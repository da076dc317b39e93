//! The tables of version 1: whether a connection has them, and what they hold.

ghost use Rattle.std.specs.Prelude.{◌≡◌, ◌≤◌, false, OnOk, IfOk, IsTrue, None, [], ◌∷◌, ◌++◌};
ghost use Rattle.sqlite.specs.Held.{state};
ghost use Rattle.sqlite.specs.State.{HasCleanDisk, IsUnchanged, KeepsCommit, Survives};
ghost use Rattle.sqlite_trees.specs.Tree.{Trees};
ghost use Rattle.sqlite_trees.specs.View.{doubt};
ghost use Rattle.sqlite_value.specs.Order.{column};
ghost use Rattle.sql_rows.specs.FirstVersion.{first_about_tree, first_purchasing, first_schema_of, orders};
ghost use Rattle.sql_rows.specs.Schema.{AreMade, IsUnderWay, Makes, about, common_tables, no_tables};
ghost use Rattle.sql_rows.specs.Tables.{AreInOrder, Stays, by_position, by_text};

use crate::common_tables::create_common;
use crate::same::same_schema;
use crate::schemas::has_tables;
use crate::service::Service;
use crate::statements::{read, read_inside, write};
use sqlite::{Alter, Connection, Error, Row, Transaction};
use std::alloc::Global;

/// Makes the table of orders that version 1 had.
fn create_first_orders<S: Alter>(tx: &mut Transaction<'_, S>) -> Result<usize, Error>
    requires made { HasCleanDisk (state S.Store tx.old.conn.now)
        → AreMade common_tables (state S.Store tx.old.conn.now).now }
    requires inside { HasCleanDisk (state S.Store tx.old.conn.now)
        → IsTrue (state S.Store tx.old.conn.now).in_transaction }
    ensures same_reference { tx.new.conn.ghost_name ≡ tx.old.conn.ghost_name }
    ensures ok { HasCleanDisk (state S.Store tx.new.conn.now)
        → OnOk result (Makes (common_tables ++ orders ∷ [])
        (state S.Store tx.old.conn.now) (state S.Store tx.new.conn.now)) }
    ensures on { IsUnderWay (state S.Store tx.old.conn.now) (state S.Store tx.new.conn.now) }
{
    // Version 1 had one stock for each order, so its orders are one table.
    write(
        tx,
        "CREATE TABLE orders (key TEXT NOT NULL, stock TEXT NOT NULL, n INTEGER NOT NULL, \
         account TEXT NOT NULL, amount INTEGER NOT NULL, status TEXT NOT NULL, \
         stock_phase TEXT NOT NULL, account_phase TEXT NOT NULL, PRIMARY KEY (key)) STRICT",
        &[],
    )
}

/// Makes the table that says whose tables they are, after that of orders.
fn create_first_about<S: Alter>(tx: &mut Transaction<'_, S>) -> Result<usize, Error>
    requires made { HasCleanDisk (state S.Store tx.old.conn.now)
        → AreMade (common_tables ++ orders ∷ []) (state S.Store tx.old.conn.now).now }
    requires inside { HasCleanDisk (state S.Store tx.old.conn.now)
        → IsTrue (state S.Store tx.old.conn.now).in_transaction }
    ensures same_reference { tx.new.conn.ghost_name ≡ tx.old.conn.ghost_name }
    ensures ok { HasCleanDisk (state S.Store tx.new.conn.now)
        → OnOk result (Makes (common_tables ++ orders ∷ about 11 ∷ [])
        (state S.Store tx.old.conn.now) (state S.Store tx.new.conn.now)) }
    ensures on { IsUnderWay (state S.Store tx.old.conn.now) (state S.Store tx.new.conn.now) }
{
    write(
        tx,
        "CREATE TABLE about (one INTEGER PRIMARY KEY CHECK (one = 1), version INTEGER NOT NULL, \
         service TEXT NOT NULL) STRICT",
        &[],
    )
}

/// Makes the tables that purchasing had in version 1.
#[tactic(auto, using(crate::proofs::Creates::then_makes, crate::proofs::Creates::then_goes_on))]
fn create_first<S: Alter>(tx: &mut Transaction<'_, S>) -> Result<usize, Error>
    requires made { HasCleanDisk (state S.Store tx.old.conn.now) → AreMade [] (state S.Store tx.old.conn.now).now }
    requires inside { HasCleanDisk (state S.Store tx.old.conn.now)
        → IsTrue (state S.Store tx.old.conn.now).in_transaction }
    ensures same_reference { tx.new.conn.ghost_name ≡ tx.old.conn.ghost_name }
    ensures ok { HasCleanDisk (state S.Store tx.new.conn.now)
        → OnOk result (Makes (common_tables ++ orders ∷ about 11 ∷ [])
        (state S.Store tx.old.conn.now) (state S.Store tx.new.conn.now)) }
    ensures on { IsUnderWay (state S.Store tx.old.conn.now) (state S.Store tx.new.conn.now) }
{
    // The common tables are those of today: only `orders` was another.
    create_common(tx)?;
    create_first_orders(tx)?;
    create_first_about(tx)
}

/// Makes the tables that purchasing had in version 1, and commits them.
fn make_first_tables<S: Alter>(conn: &mut Connection<S>) -> Result<(), Error>
    requires none { HasCleanDisk (state S.Store conn.old) → (state S.Store conn.old).now.schema ≡ no_tables }
    requires autocommit { conn.old.in_transaction ≡ false }
    ensures ok { HasCleanDisk (state S.Store conn.new)
        → OnOk result ((state S.Store conn.new).now.schema ≡ first_purchasing) }
{
    let mut tx = conn.transaction();
    create_first(&mut tx)?;
    tx.commit()
}

/// Whether the tables are those of purchasing in version 1.
fn has_first_purchasing<S: Alter>(alloc: Global, conn: &Connection<S>) -> Result<bool, Error>
    ensures { IfOk result (λ has. IsTrue has → (state S.Store conn.now).now.schema ≡ first_purchasing) }
{
    // The tables are made in memory and compared: so no second text says what they have to be.
    let mut made = Connection::open_in_memory(alloc)?;
    make_first_tables(&mut made)?;
    Ok(same_schema(conn.schema(), made.schema()))
}

/// Whether the tables are those of this service in version 1, each with the name, columns, keys and rules that it was
/// made with. Those of a warehouse and of billing are as they were.
pub fn has_first_tables<S: Alter>(
    alloc: Global,
    conn: &Connection<S>,
    service: Service,
) -> Result<bool, Error>
    ensures { IfOk result (λ has. IsTrue has → (state S.Store conn.now).now.schema ≡ first_schema_of service) }
{
    match service {
        Service::Purchasing => has_first_purchasing(alloc, conn),
        Service::Warehouse => has_tables(alloc, conn, Service::Warehouse),
        Service::Billing => has_tables(alloc, conn, Service::Billing),
    }
}

/// The version of the tables and the name of their service, of a file of version 1.
pub fn read_first_about<S: Alter>(
    conn: &mut Connection<S>,
    service: Service,
) -> Result<Vec<Row>, Error>
    requires schema { HasCleanDisk (state S.Store conn.old)
        → (state S.Store conn.old).now.schema ≡ first_schema_of service }
    requires settled { HasCleanDisk (state S.Store conn.old)
        → (state S.Store conn.old).now ≡ (state S.Store conn.old).committed }
    requires autocommit { conn.old.in_transaction ≡ false }
    ensures rows { HasCleanDisk (state S.Store conn.new) → IfOk result (λ rows.
        AreInOrder by_position None (λ x. column x 2 ∷ column x 3 ∷ [])
        ((state S.Store conn.old).now.trees (first_about_tree service)) rows.items) }
    ensures autocommit { conn.new.in_transaction ≡ false }
    ensures open { HasCleanDisk (state S.Store conn.new) → OnOk result (IsTrue (state S.Store conn.new).is_open) }
    ensures stays { HasCleanDisk (state S.Store conn.new) → Stays (state S.Store conn.old) (state S.Store conn.new) }
    ensures clean { doubt (state S.Store conn.old).is_clean ≤ doubt (state S.Store conn.new).is_clean }
    ensures crash { HasCleanDisk (state S.Store conn.new) → (db : Trees)
        → (state S.Store conn.new).may_leave db → (state S.Store conn.old).may_leave db }
{
    read(conn, "SELECT version, service FROM about ORDER BY one", &[])
}

/// All orders of version 1, as the transaction sees them.
pub fn read_first_orders_inside<S: Alter>(tx: &mut Transaction<'_, S>) -> Result<Vec<Row>, Error>
    requires schema { HasCleanDisk (state S.Store tx.old.conn.now)
        → (state S.Store tx.old.conn.now).now.schema ≡ first_purchasing }
    ensures same_reference { tx.new.conn.ghost_name ≡ tx.old.conn.ghost_name }
    ensures rows { HasCleanDisk (state S.Store tx.new.conn.now) → IfOk result (λ rows.
        AreInOrder by_text None (λ x. column x 1 ∷ column x 2 ∷ column x 3 ∷ column x 4 ∷ column x 5
        ∷ column x 6 ∷ column x 7 ∷ column x 8 ∷ []) ((state S.Store tx.old.conn.now).now.trees 9) rows.items) }
    ensures ok { HasCleanDisk (state S.Store tx.new.conn.now)
        → OnOk result (IsUnchanged (state S.Store tx.old.conn.now) (state S.Store tx.new.conn.now)) }
    ensures kept { HasCleanDisk (state S.Store tx.new.conn.now)
        → KeepsCommit (state S.Store tx.old.conn.now) (state S.Store tx.new.conn.now) }
    ensures survives { Survives (state S.Store tx.old.conn.now) (state S.Store tx.new.conn.now) (λ _. ⊥) }
{
    // Inside the transaction that replaces the table: what is read is what is dropped.
    read_inside(
        tx,
        "SELECT key, stock, n, account, amount, status, stock_phase, account_phase FROM orders \
         ORDER BY key",
        &[],
    )
}
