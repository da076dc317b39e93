//! The last numbers sent and settled of each pair.

ghost use Rattle.std.specs.Prelude.{◌≡◌, ◌≤◌, false, OnOk, IfOk, IsTrue, None, filter, [], ◌∷◌};
ghost use Rattle.sqlite.specs.Held.{state};
ghost use Rattle.sqlite.specs.State.{HasCleanDisk, IsUnchanged, Survives, KeepsCommit};
ghost use Rattle.sqlite_trees.specs.Tree.{Trees};
ghost use Rattle.sqlite_trees.specs.View.{doubt};
ghost use Rattle.sqlite_value.specs.Order.{column};
ghost use Rattle.sql_rows.specs.Schema.{IsService};
ghost use Rattle.sql_rows.specs.Tables.{has_key, IsRising, Puts, Edits, Stays, AreInOrder, pair_key, marks_cells};
ghost use Rattle.sql_rows.specs.Tables.{by_pair};

use crate::statements::{int, read, read_inside, text, write};
use sqlite::{Alter, Connection, Error, Row, Transaction};

/// Sets the last numbers sent and settled of a pair; refused, where more would be settled than sent.
pub fn put_out_marks<S: Alter>(
    tx: &mut Transaction<'_, S>,
    sender: &str,
    receiver: &str,
    sent: i64,
    settled: i64,
) -> Result<usize, Error>
    requires schema { HasCleanDisk (state S.Store tx.old.conn.now)
        → IsService (state S.Store tx.old.conn.now).now.schema }
    requires rising { HasCleanDisk (state S.Store tx.old.conn.now)
        → IsRising ((state S.Store tx.old.conn.now).now.trees 3) }
    requires inside { HasCleanDisk (state S.Store tx.old.conn.now)
        → IsTrue (state S.Store tx.old.conn.now).in_transaction }
    ensures same_reference { tx.new.conn.ghost_name ≡ tx.old.conn.ghost_name }
    ensures ok { HasCleanDisk (state S.Store tx.new.conn.now) → OnOk result (Edits 3
        (Puts (pair_key sender.now receiver.now) (marks_cells sender.now receiver.now sent settled))
        (state S.Store tx.old.conn.now) (state S.Store tx.new.conn.now)) }
    ensures kept { HasCleanDisk (state S.Store tx.new.conn.now)
        → KeepsCommit (state S.Store tx.old.conn.now) (state S.Store tx.new.conn.now) }
    ensures survives { Survives (state S.Store tx.old.conn.now) (state S.Store tx.new.conn.now) (λ _. ⊥) }
{
    // A check sees one row: with both marks in it, the table's own refuses a settled one above the sent one.
    write(
        tx,
        "INSERT OR REPLACE INTO out_marks (sender, receiver, sent, settled) \
         VALUES (?1, ?2, ?3, ?4)",
        &[text(sender), text(receiver), int(sent), int(settled)],
    )
}

/// The last numbers sent and settled of a pair; no row, where it has none.
pub fn read_marks<S: Alter>(
    conn: &mut Connection<S>,
    sender: &str,
    receiver: &str,
) -> Result<Vec<Row>, Error>
    requires schema { HasCleanDisk (state S.Store conn.old) → IsService (state S.Store conn.old).now.schema }
    requires settled { HasCleanDisk (state S.Store conn.old)
        → (state S.Store conn.old).now ≡ (state S.Store conn.old).committed }
    requires autocommit { conn.old.in_transaction ≡ false }
    ensures rows { HasCleanDisk (state S.Store conn.new) → IfOk result (λ rows.
        AreInOrder by_pair None (λ x. column x 3 ∷ column x 4 ∷ [])
        (filter (has_key (pair_key sender.now receiver.now)) ((state S.Store conn.old).now.trees 3)) rows.items) }
    ensures autocommit { conn.new.in_transaction ≡ false }
    ensures open { HasCleanDisk (state S.Store conn.new) → OnOk result (IsTrue (state S.Store conn.new).is_open) }
    ensures stays { HasCleanDisk (state S.Store conn.new) → Stays (state S.Store conn.old) (state S.Store conn.new) }
    ensures clean { doubt (state S.Store conn.old).is_clean ≤ doubt (state S.Store conn.new).is_clean }
    ensures crash { HasCleanDisk (state S.Store conn.new) → (db : Trees)
        → (state S.Store conn.new).may_leave db → (state S.Store conn.old).may_leave db }
{
    read(
        conn,
        "SELECT sent, settled FROM out_marks WHERE sender = ?1 AND receiver = ?2 \
         ORDER BY sender, receiver",
        &[text(sender), text(receiver)],
    )
}

/// The last numbers sent and settled of a pair, as the transaction sees them; no row, where it has none.
pub fn find_marks<S: Alter>(
    tx: &mut Transaction<'_, S>,
    sender: &str,
    receiver: &str,
) -> Result<Vec<Row>, Error>
    requires schema { HasCleanDisk (state S.Store tx.old.conn.now)
        → IsService (state S.Store tx.old.conn.now).now.schema }
    ensures same_reference { tx.new.conn.ghost_name ≡ tx.old.conn.ghost_name }
    ensures rows { HasCleanDisk (state S.Store tx.new.conn.now) → IfOk result (λ rows.
        AreInOrder by_pair None (λ x. column x 3 ∷ column x 4 ∷ [])
        (filter (has_key (pair_key sender.now receiver.now)) ((state S.Store tx.old.conn.now).now.trees 3)) rows.items) }
    ensures ok { HasCleanDisk (state S.Store tx.new.conn.now)
        → OnOk result (IsUnchanged (state S.Store tx.old.conn.now) (state S.Store tx.new.conn.now)) }
    ensures kept { HasCleanDisk (state S.Store tx.new.conn.now)
        → KeepsCommit (state S.Store tx.old.conn.now) (state S.Store tx.new.conn.now) }
    ensures survives { Survives (state S.Store tx.old.conn.now) (state S.Store tx.new.conn.now) (λ _. ⊥) }
{
    // One row has both marks, and is written whole: whoever raises one reads the other here first.
    read_inside(
        tx,
        "SELECT sent, settled FROM out_marks WHERE sender = ?1 AND receiver = ?2 \
         ORDER BY sender, receiver",
        &[text(sender), text(receiver)],
    )
}
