impl Filed for Stocks {
    type State = Stock;

    type Command = StockCommand;

    ghost filing = { stocks };

    fn service() -> Service {
        Service::Warehouse
    }

    fn copy_state(_alloc: Global, row: &Stock) -> Result<Stock, AllocError> {
        row.copy()
    }

    fn read_state<S: Alter>(
        alloc: Global,
        conn: &mut Connection<S>,
        entity: &Entity,
        count: u64,
    ) -> Result<Option<Stock>, Error> {
        match entity.kind() {
            Kind::Stock => find_stock(alloc, conn, entity.key(), count),
            // No row here is one of theirs.
            Kind::Order | Kind::Account => Ok(None),
        }
    }

    fn write_state<S: Alter>(
        _alloc: Global,
        tx: &mut Transaction<'_, S>,
        entity: &Entity,
        row: &Option<Stock>,
        count: u64,
    ) -> Result<u64, Error> {
        match (entity.kind(), row) {
            (Kind::Stock, Some(stock)) => set_stock(tx, entity.key(), stock, count),
            (Kind::Stock, None) => remove_stock(tx, entity.key(), count),
            // They have no place here.
            (Kind::Order | Kind::Account, _) => Err(Error::InvalidQuery),
        }
    }

    fn write_step<S: Alter>(
        _alloc: Global,
        tx: &mut Transaction<'_, S>,
        entity: &Entity,
        row: &Stock,
        sender: Option<&Entity>,
        count: u64,
    ) -> Result<u64, Error> {
        match entity.kind() {
            Kind::Stock => step_stock(tx, entity.key(), row, sender, count),
            Kind::Order | Kind::Account => Err(Error::InvalidQuery),
        }
    }

    ghost first = { as_today stocks };

    // The rows are as they were: the table `about` alone tells another version.
    fn renew<S: Alter, P: Progress>(
        _alloc: Global,
        tx: &mut Transaction<'_, S>,
        _progress: &mut P,
    ) -> Result<(), Error> {
        set_version(tx, Service::Warehouse)?;
        Ok(())
    }

    ghost commands = { λ body. refl };
}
####################
Exercise directions » Looking at the material above, count the lines that hold "statements" and give the total alone.

Task output » 2